Stare into the lights my pretties
“Stare into the lights my pretties” è disponile, sottotitolato in più lingue, per intero su Youtube. Lo trovate in fondo a questa pagina.
Di cosa tratta? In una parola, di screen culture, ovvero delle ripercussioni dell’uso di device tecnologici sulla nostra vita e sul nostro modo di pensare/vivere.
Il documentario si apre con una serie di riflessioni sulla pervasività dell’utilizzo di schermi, arrivata a un culmine nel giro di pochissimi anni.
Il contenuto si articola in tre momenti e intorno a tre domande:
- Il modo di pensare è modellato dall’uso continuativo di internet?
- Cosa succede quando siamo sommersi da informazioni massive?
- Quanto siamo dipendenti dal device?
Il modo di pensare è modellato dall’uso continuativo di internet?
La risposta è: a quanto pare, sì. Vengono interpellati una serie di neuroscienziati ed esperti di settore che parlano di un viraggio a un pensiero cosiddetto “bidimensionale”, cioè non profondo, adattato e in qualche modo modellato sul “modo di navigare” in rete, cioè orizzontale, da una pagina all’altra, da un ipertesto all’altro.
Viene assolutamente demonizzato il multitasking, colpevole di un degradamento attenzionale che è sotto gli occhi di tutti ma non ancora effettivamente portato alla luce in senso clinico. Sembra cioè che divenga sempre più difficile calarsi in profondità in un’esperienza immersiva come la lettura.
Viene giustamente sottolineato che tuttavia quella che un tempo veniva chiamata intelligenza fluida, sembrerebbe essersi sviluppata in positivo, con migliori punteggi medi in termini di QI.
Sembra essere invece a rischio l’intelligenza laterale e la capacità di comprensione profonda/capacità di riflessione. Si traccia un confine netto tra il concetto di INFORMAZIONE e quello di CONOSCENZA.
Cosa succede quando siamo sommersi da informazioni massive?
Nella seconda parte del documentario viene esplorato il già noto concetto di echo chamber o filtro informativo, cosa che come sappiamo ci porta -per via di un feed di informazioni su internet ritagliato su misura per noi a fini commerciali- a un autismo conoscitivo a causa del quale diventiamo massimamente convinti ed esperti di un solo modo di vedere le cose: il nostro, con tutto quello che questo comporta (xenofobia, radicalizzazione, polarizzazione, ecc.).

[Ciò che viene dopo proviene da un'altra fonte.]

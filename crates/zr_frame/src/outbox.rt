//! What an end of a session sends by: how long a batch may be, and which number its next frame has.

ghost use Rattle.std.specs.Prelude.{◌≡◌, ◌+◌, ◌++◌, ◌<◌, ◌≤◌, ℕ, List, [], ◌∷◌, Some, None, is_some, true, length, nat_le, if◌then◌else◌, map, IfOk, OnOk, OnErr};
ghost use Rattle.zr_trans.specs.Writing.{writes_trans};
ghost use Rattle.zr_trans.specs.declared.trans.Trans.TheVariants.{Frame};
ghost use Rattle.zr_frame.specs.Turn.{modulus_of};
ghost use Rattle.zr_frame.specs.Outbox.{IsOutbox, advanced, with_names};
ghost use Rattle.zr_frame.specs.Packing.{one_parcel, parcels};

use crate::counter::modulus;
use crate::packer::Packer;
use std::alloc::{AllocError, Global};
use std::marker::Model;
use zr_bytes::ByteString;
use zr_trans::{Trans, write_trans};

/// The least that a batch may hold, in bytes. Each end refuses less as a session opens.
pub const LEAST_BATCH: u16 = 64;

/// What both ends have agreed on as a session opened, for one direction of it, and where its frame numbers stand.
#[derive(Clone, Copy, Debug)]
pub struct Outbox {
    batch: u16,
    bits: u8,
    next: u64,
    // whether this end gives numbers to the texts of keys; as the session opens none has one
    names: bool,
}

impl Model for Outbox {
    ghost use Rattle.std.specs.Prelude.{◌<◌, ◌≤◌, is_some};
    ghost use Rattle.zr_frame.specs.Names.{first_names, first_names_tell};
    ghost use Rattle.zr_frame.specs.Turn.{modulus_of};
    ghost use Rattle.zr_frame.specs.Outbox.{OutboxState};

    ghost Value = { OutboxState };

    ghost view = { λ o. record { batch = o.batch; bits = o.bits; next = o.next; names = first_names o.names } };

    ghost invariant = { λ o. (64 ≤ o.batch) × (o.bits < 4) × (o.next < modulus_of o.bits) };

    ghost inverse = { λ o. record { batch = o.batch; bits = o.bits; next = o.next; names = is_some o.names } };

    ghost inverse_ok = { λ o h i. record { batch = o.batch; bits = o.bits; next = o.next; names = first_names_tell o.names i } };
}

impl Outbox {
    /// The most bytes of a batch, the two bits of the resolution of frame numbers, and the number of the first frame. Keys go as whole text.
    pub fn new(batch: u16, bits: u8, next: u64) -> Outbox
        requires large { 64 ≤ batch }
        requires two_bits { bits < 4 }
        requires in_range { next < modulus_of bits }
        ensures { result ≡ record { batch = batch; bits = bits; next = next; names = None } }
    {
        Outbox {
            batch,
            bits,
            next,
            names: false,
        }
    }

    /// The same, by which this end gives numbers to the texts of keys. None has one yet.
    pub fn with_names(self) -> Outbox
        ensures { result ≡ with_names self (Some []) }
    {
        Outbox {
            names: true,
            ..self
        }
    }

    /// Whether this end gives numbers to the texts of keys.
    pub fn has_names(&self) -> bool
        ensures { result ≡ is_some self.now.names }
    {
        self.names
    }

    /// The most bytes of a batch.
    pub fn batch(&self) -> u16
        ensures value { result ≡ self.now.batch }
        ensures valid { IsOutbox self.now }
    {
        self.batch
    }

    /// The two bits of the resolution of frame numbers.
    pub fn bits(&self) -> u8
        ensures { result ≡ self.now.bits }
    {
        self.bits
    }

    /// The number of the next frame.
    pub fn next(&self) -> u64
        ensures { result ≡ self.now.next }
    {
        self.next
    }

    /// One frame or fragment was sent.
    pub(crate) fn advance(&mut self)
        ensures { self.new ≡ advanced self.old }
    {
        self.next = (self.next + 1) % modulus(self.bits);
    }

    /// Writes what stands before one message of `count` bytes in a frame of its own, in place of what `head` held. Where both
    /// fit into a batch, head and message are the one batch of this message, and the frame was sent.
    #[tactic(auto, using(crate::proofs::Alone::goes_alone, crate::proofs::Heads::length_frame_head))]
    pub fn head(&mut self, count: usize, head: &mut Vec<u8>) -> Result<bool, AllocError>
        ensures value { OnOk result (head.new.items ≡ writes_trans (Frame true self.old.next)) }
        ensures short { OnOk result (length head.new.items ≤ 10) }
        ensures fits { IfOk result (λ fits. fits ≡ nat_le (length head.new.items + count) self.old.batch) }
        ensures outbox { IfOk result (λ fits. self.new ≡ (if fits then advanced self.old else self.old)) }
        ensures alone { IfOk result (λ fits. fits ≡ true → (m : List ℕ) → length m ≡ count → parcels self.old (m ∷ []) ≡ one_parcel self.old (head.new.items ++ m)) }
        ensures err { OnErr result (self.new ≡ self.old) }
    {
        head.clear();
        let number = self.next;
        write_trans(
            head,
            &Trans::Frame {
                reliable: true,
                number,
            },
        )?;
        let most = usize::from(self.batch);
        if head.len() > most || count > most - head.len() {
            return Ok(false);
        }
        self.advance();
        Ok(true)
    }

    /// Appends the batches of messages that are written. A frame takes the next message while it fits; one that doesn't fit
    /// a frame of its own goes in fragments. Where memory runs out nothing is appended, and the numbers stay.
    pub fn pieces(
        &mut self,
        alloc: Global,
        messages: &[ByteString],
        out: &mut Vec<ByteString>,
    ) -> Result<(), AllocError>
        ensures batches { OnOk result (out.new.items ≡ out.old.items ++ (parcels self.old messages.now).batches) }
        ensures outbox { OnOk result (self.new ≡ (parcels self.old messages.now).outbox) }
        ensures err { OnErr result ((out.new.items ≡ out.old.items) × (self.new ≡ self.old)) }
    {
        let mut packer = Packer::new(alloc, *self);
        packer.add_all(alloc, messages)?;
        *self = packer.finish(out)?;
        Ok(())
    }
}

Per chi fosse interessato a questo aspetto Mark Zuckerberg e Yuval Noah Harari ne parlano a fondo in quest’intervista.
Quanto siamo dipendenti dal device?
Tanto. Ma tanto tanto. Viene fatto un paragone appropriato tra lo smartphone e una slot machine portatile: ogni singolo ritorno al device rappresenta un abbassare la leva della slot sperando in un triplo 777 (nel nostro caso: notifiche multiple, mail, etc.). Sappiamo che c’è di mezzo la dopamina e la questione del meccanismo di reward.
Interessante il riferimento fatto a Skinner e Pavlov e ai loro esperimenti sul condizionamento operante e classico, usato come esempio esplicativo per spiegare come gli schermi riescano a tenerci così incollati.
Skinner aveva capito che non è tanto la paura di un’ipotetica ripercussione dolorosa a far sì che il topolino bianco schiacci la leva, né il piacere che freudianamente sentirebbe nel farlo, ma il premio finale, il reward.
Il reward (notifica, mail, messaggio) sembrerebbe aver trasformato la realtà in una sorta di videogioco, come sostiene Baricco nel suo The Game (titolo appropriato), a colpi di gettone/moneta/notifica/like, prospettando uno scenario prossimo-futuro blackmirroresco non proprio bello da immaginare.